- _Exercise_: Pull out every line with the word "byte" from the entries below.

- _Input data_:
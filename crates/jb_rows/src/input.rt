//! What a record of a text is.

ghost use Rattle.jb_rows.specs.TextLines.{LinesAreRecords};

/// What a record of a text is.
#[derive(Clone, Copy, Debug)]
pub enum Input {
    /// A record of CSV, with quotes (RFC 4180).
    Csv,
    /// A line, which is a record of one field: no quote, comma or blank has a meaning. A line feed, a carriage return or both end a
    /// line. An empty line is no record. Of JSON Lines, each record is a JSON text. A byte 0 ends a field; no JSON text has one.
    Lines,
}

/// The law of lines, if no byte of the text is 0. A text that is read as lines has a record for each of its lines, in order, and each has that
/// line as its one field. The function does nothing: its contract is the law.
pub fn lines_are_records()
    ensures { LinesAreRecords }
{}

- _Answer space_:
    /// line. An empty line is no record. Of JSON Lines, each record is a JSON text. A byte 0 ends a field; no JSON text has one.
/// The law of lines, if no byte of the text is 0. A text that is read as lines has a record for each of its lines, in order, and each has that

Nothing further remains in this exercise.